[ Identification | Description | Input parameters | Output parameters | Links ]

The Bragg_crystal_bent_BC Component

Based on: Perfect_crystal.comp written by Anette Vickery, Andrea Prodi, Erik Knudsen Bent, perfect, reflecting crystal with common cubic structures (diamond, fcc, or bcc, and others if symmetry form factor multipliers provided explicitly)

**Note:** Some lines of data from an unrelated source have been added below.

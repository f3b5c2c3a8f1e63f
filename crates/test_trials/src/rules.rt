// Another check of the tables: the place of refusal 9.
use tender::{Kind, Tender};

// The number at place i, 0 past the end.
fn at(cells: &[u64], i: usize) -> u64 {
    cells.get(i).copied().unwrap_or(0)
}

// Whether one of the first j rows has the bidder.
fn used(bids: &[u64], j: usize, bidder: u64) -> bool {
    bids.iter().step_by(4).take(j).any(|b| *b == bidder)
}

// Whether the windows from row `first` on, `count` of them, keep their rule.
fn windows_right(windows: &[u64], first: u64, count: u64) -> bool {
    (0..count).all(|k| {
        let row = (first.wrapping_add(k) % 65536) as usize;
        let end = at(windows, 2 * row + 1);
        at(windows, 2 * row) < end && end <= 10080
    })
}

fn row_right(kind: Kind, bids: &[u64], j: usize, first: u64, windows: &[u64]) -> bool {
    if 1000 < j {
        return false;
    }
    let bidder = at(bids, 4 * j);
    let count = at(bids, 4 * j + 3);
    let most = match kind {
        Kind::Single => 1,
        Kind::Multi => 32,
    };
    let rows = (windows.len() / 2) as u64;
    if bidder == 0 || 999999 < bidder || used(bids, j, bidder) {
        return false;
    }
    if 100000000 < at(bids, 4 * j + 1) || at(bids, 4 * j + 2) != first {
        return false;
    }
    if count == 0 || most < count || rows < first || rows - first < count {
        return false;
    }
    windows_right(windows, first, count)
}

// Whether the tender keeps the limits of its window and of its reserve.
fn tender_right(tender: Tender) -> bool {
    let window = tender.window;
    if window.end <= window.start || 10080 < window.end {
        return false;
    }
    tender.reserve.is_none_or(|price| price <= 100000000)
}

// The place of the fault, where a rule is broken.
pub(crate) fn fault(
    kind: Kind,
    tender: Tender,
    count: usize,
    bids: &[u64],
    windows: &[u64],
) -> Option<u64> {
    if !tender_right(tender) || bids.len() / 4 < count {
        return Some(0);
    }
    let mut first: u64 = 0;
    for j in 0..count.min(1001) {
        if j == 1000 || !row_right(kind, bids, j, first, windows) {
            return Some(j as u64 + 1);
        }
        first = first.wrapping_add(at(bids, 4 * j + 3));
    }
    None
}
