//! The services, tests and fault files of more than one test.

pub(crate) const PRICE: &[u8] =
    b"service price {\n  method get(id: int) -> int {\n    return id * 10;\n  }\n}\n";

pub(crate) const PRICE_TEST: &[u8] =
    b"test one { let r = 0; call r = price.get(2); assert r == 20; }";

/// A method that calls another, and handles each of its errors.
pub(crate) const CART: &[u8] =
    b"service price { method get(id: int) -> int { return id * 10; } } service cart { method total(id: int) -> int { let p = 0; call p = price.get(id) on any { p = 5; } return p; } }";

pub(crate) const CART_TEST: &[u8] =
    b"test cart { let r = 0; call r = cart.total(2); assert r == 20 or injected; }";

/// The price isn't had in time.
pub(crate) const CART_FAULTS: &[u8] = b"[[fault]]\ncallee = \"price\"\ncodes = [\"timeout\"]\n";

/// A method that calls another once more where it was unavailable.
pub(crate) const RETRY: &[u8] =
    b"service price { method get(id: int) -> int { return id * 10; } } service shop { method buy(id: int) -> int { let p = 0; repeat 2 { let ok = true; call p = price.get(id) on unavailable { ok = false; } if ok { return p; } } fail unavailable; } }";

pub(crate) const RETRY_TEST: &[u8] =
    b"test buy { let r = 0; call r = shop.buy(2); assert r == 20; }";

/// Words that test services and report it.
pub(crate) const TEST: &[&str] = &[
    "test",
    "--services",
    "s.fb",
    "--test",
    "t.fb",
    "--report",
    "r.jsonl",
];

/// The option that names the faults.
pub(crate) const FAULTS: &[&str] = &["--faults", "f.toml"];

pub(crate) const FMT: &[&str] = &["fmt", "--services", "s.fb"];

/// The option of a campaign that runs each plan.
pub(crate) const NO_REDUCTION: &[&str] = &["--no-reduction"];

/// Eight services.
pub(crate) const SHOP: &[u8] = br#"
service web {
  method checkout(who: int, a: int, b: int) -> int {
    let ok = false;
    let sum = 0;
    let cost = 0;
    call ok = user.check(who);
    if not ok { fail refused; }
    call sum = cart.total(a, b);
    call sum = pay.charge(who, sum);
    call cost = ship.order(who, a);
    call ok = mail.send(who) on any { ok = false; }
    return sum + cost;
  }
}
service cart {
  method total(a: int, b: int) -> int {
    let x = 0;
    let y = 0;
    let ok = false;
    call x = price.get(a);
    call y = price.get(b);
    call ok = stock.take(a);
    return x + y;
  }
}
service price { method get(id: int) -> int { return id * 10; } }
service stock { method take(id: int) -> bool { return id > 0; } }
service user {
  method check(who: int) -> bool { return who > 0; }
  method name(who: int) -> text { return "Ada"; }
  method card(who: int) -> int { return who + 4000; }
  method address(who: int) -> text { return "1 Main Road"; }
}
service pay {
  method charge(who: int, sum: int) -> int {
    let card = 0;
    let ok = false;
    call card = user.card(who);
    call ok = mail.send(who) on any { ok = false; }
    return sum;
  }
}
service ship {
  method order(who: int, id: int) -> int {
    let ok = false;
    let cost = 0;
    let to = "";
    call ok = stock.take(id);
    call cost = price.get(9) on any { cost = 50; }
    call to = user.address(who);
    return cost;
  }
}
service mail {
  method send(who: int) -> bool {
    let n = "";
    call n = user.name(who) on any { n = "customer"; }
    return true;
  }
}
"#;

pub(crate) const SHOP_TEST: &[u8] =
    b"test shop { let r = 0; call r = web.checkout(7, 1, 2) on any { r = -1; } assert r > 0 or injected; }";

pub(crate) const SHOP_FAULTS: &[u8] = br#"
[[fault]]
callee = "cart"
codes = ["timeout", "unavailable", "refused"]
[[fault]]
callee = "price"
codes = ["timeout", "unavailable", "refused"]
[[fault]]
callee = "stock"
codes = ["timeout", "unavailable", "refused"]
[[fault]]
callee = "user"
codes = ["timeout", "unavailable", "refused"]
[[fault]]
callee = "pay"
codes = ["timeout", "unavailable", "refused"]
[[fault]]
callee = "ship"
codes = ["timeout", "unavailable", "refused"]
[[fault]]
callee = "mail"
codes = ["timeout", "unavailable", "refused"]
"#;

Bragg_crystal_bent_BC.comp is intended to supercede Bragg_crystal_bent.comp.

For details see:
The optics of focusing bent-crystal monochromators on X-ray powder diffractometers with application to lattice parameter determination and microstructure analysis, 
Marcus H. Mendenhall,* David Black and James P. Cline, J. Appl. Cryst. (2019). 52, https://doi.org/10.1107/S1600576719010951

NOTE: elliptical coordinate code and documentation taken from Mirror_elliptic.comp distributed in McXtrace v1.2
However, the coordinates are rotated to be consistent with Bragg_crystal_flat.comp and Perfect_Crystal.comp.
Idealized elliptic mirror with surface ellipse and lattice ellipses independent, to allow construction of
Johansson optics, for example.

WARNING: This is a contributed Component.

Input parameters

Parameters in boldface are required; the others are optional.
Name Unit Description Default
x_a m 1st short half axis (along x). Commonly set to zero, which really implies infinite value, so crystal is an elliptic cylinder. 0
y_b m 2nd short half axis (along y), which is also the presumed near-normal direction, reflection near the y-z plane. 1.0
z_c m long half axis (along z). Commonly a=0. b=c, which creates a circular cylindrical surface. 1.0
lattice_x_a m curvature matrix for underlying lattice, for bent/ground/rebent crystals THERE HAS BEEN NO TESTING for the case in which lattice_x_a != x_a. 0
lattice_y_b m curvature matrix for underlying lattice, for bent/ground/rebent crystals 1.0
lattice_z_c m curvature matrix for underlying lattice, for bent/ground/rebent crystals 1.0
length m z depth (length) of the crystal. 0.05
width m x width of the crystal. 0.02
V AA^3 unit cell volume 160.1826
form_factors "FormFactors.txt"
material maybe also GaAs? [ ] Si, Ge "Si.txt"
alpha rad asymmetry angle (alpha=0 for symmetric reflection, ie the Bragg planes are parallel to the crystal surface) alpha is defined so that positive alpha reduces the Bragg angle to the plane i.e. alpha=Thetain grazes the planes. if alpha!=0, one should restrict to rays which have small kx values, since otherwise the alpha rotation is not around the diffraction axis. 0.0
R0 Reflectivity. Overrides the computed Darwin reflectivity. Probably only useful for debugging. 0
debye_waller_B AA^2 Debye-Waller temperature factor, M=B*(sin(theta)/lambda)^2*(2/3), default=silicon at room temp. 0.4632
crystal_type 1 => Mx_crystal_explicit: provide explicit real and imaginary form factor multipliers structure_factor_scale_r, structure_factor_scale_i, 2 => Mx_crystal_diamond: diamond 3 => Mx_crystal_fcc: fcc 4 => Mx_crystal_fcc: bcc 1
h Miller index of reflection 1
k Miller index of reflection 1
l Miller index of reflection 1
structure_factor_scale_r 0.0
structure_factor_scale_i 0.0

Output parameters

Name Unit Description Default


[ Identification | Description | Input parameters | Output parameters | Links ]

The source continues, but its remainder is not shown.